**What to produce:** Select all lines in the records that include "NodeId".

(Collected data entries)
----
//! One word behind a space: numbers, nodes, transactions, keys.
ghost use Rattle.std.specs.Prelude.{◌≡◌, ◌++◌, OnOk};
ghost use Rattle.std.specs.Fmt.{decimal};
ghost use Rattle.history_print.specs.Acts.{behind_space, node_word};

use score_base::{Ident, Key, Memory, NodeId, TxId, Value, put_bytes, put_number};

/// Appends a word behind a space.
pub fn put_word(out: &mut Vec<u8>, word: &[u8]) -> Result<(), Memory>
    ensures { OnOk result (out.new.items ≡ out.old.items ++ behind_space word.now) }
{
    put_bytes(out, b" ")?;
    put_bytes(out, word)
}

/// Appends a number behind a space.
pub fn put_count(out: &mut Vec<u8>, n: u64) -> Result<(), Memory>
    ensures { OnOk result (out.new.items ≡ out.old.items ++ behind_space (decimal n)) }
{
    put_bytes(out, b" ")?;
    put_number(out, n)
}

/// Appends a node behind a space.
pub fn put_node(out: &mut Vec<u8>, n: NodeId) -> Result<(), Memory>
    ensures { OnOk result (out.new.items ≡ out.old.items ++ behind_space (node_word n)) }
{
    put_bytes(out, b" n")?;
    put_number(out, n.get() as u64)
}

/// Appends the number of a transaction behind a space.
pub fn put_tx(out: &mut Vec<u8>, t: TxId) -> Result<(), Memory>
    ensures { OnOk result (out.new.items ≡ out.old.items ++ behind_space (decimal t)) }
{
    put_count(out, t.get() as u64)
}

/// Appends an identifier behind a space.
pub fn put_ident(out: &mut Vec<u8>, i: Ident) -> Result<(), Memory>
    ensures { OnOk result (out.new.items ≡ out.old.items ++ behind_space (decimal i)) }
{
    put_count(out, i.0)
}

/// Appends a value behind a space.
pub fn put_value(out: &mut Vec<u8>, v: Value) -> Result<(), Memory>
    ensures { OnOk result (out.new.items ≡ out.old.items ++ behind_space (decimal v)) }
{
    put_count(out, v.0)
}

/// Appends a key behind a space.
pub fn put_key(out: &mut Vec<u8>, key: &Key) -> Result<(), Memory>
    ensures { OnOk result (out.new.items ≡ out.old.items ++ behind_space key.now) }
{
    put_word(out, key.bytes())
}

/// Appends the node of a number behind a space.
pub fn put_node_number(out: &mut Vec<u8>, n: u8) -> Result<(), Memory>
    ensures { OnOk result (out.new.items ≡ out.old.items ++ behind_space (node_word n)) }
{
    put_bytes(out, b" n")?;
    put_number(out, n as u64)
}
----
**Reply:**
use score_base::{Ident, Key, Memory, NodeId, TxId, Value, put_bytes, put_number};
pub fn put_node(out: &mut Vec<u8>, n: NodeId) -> Result<(), Memory>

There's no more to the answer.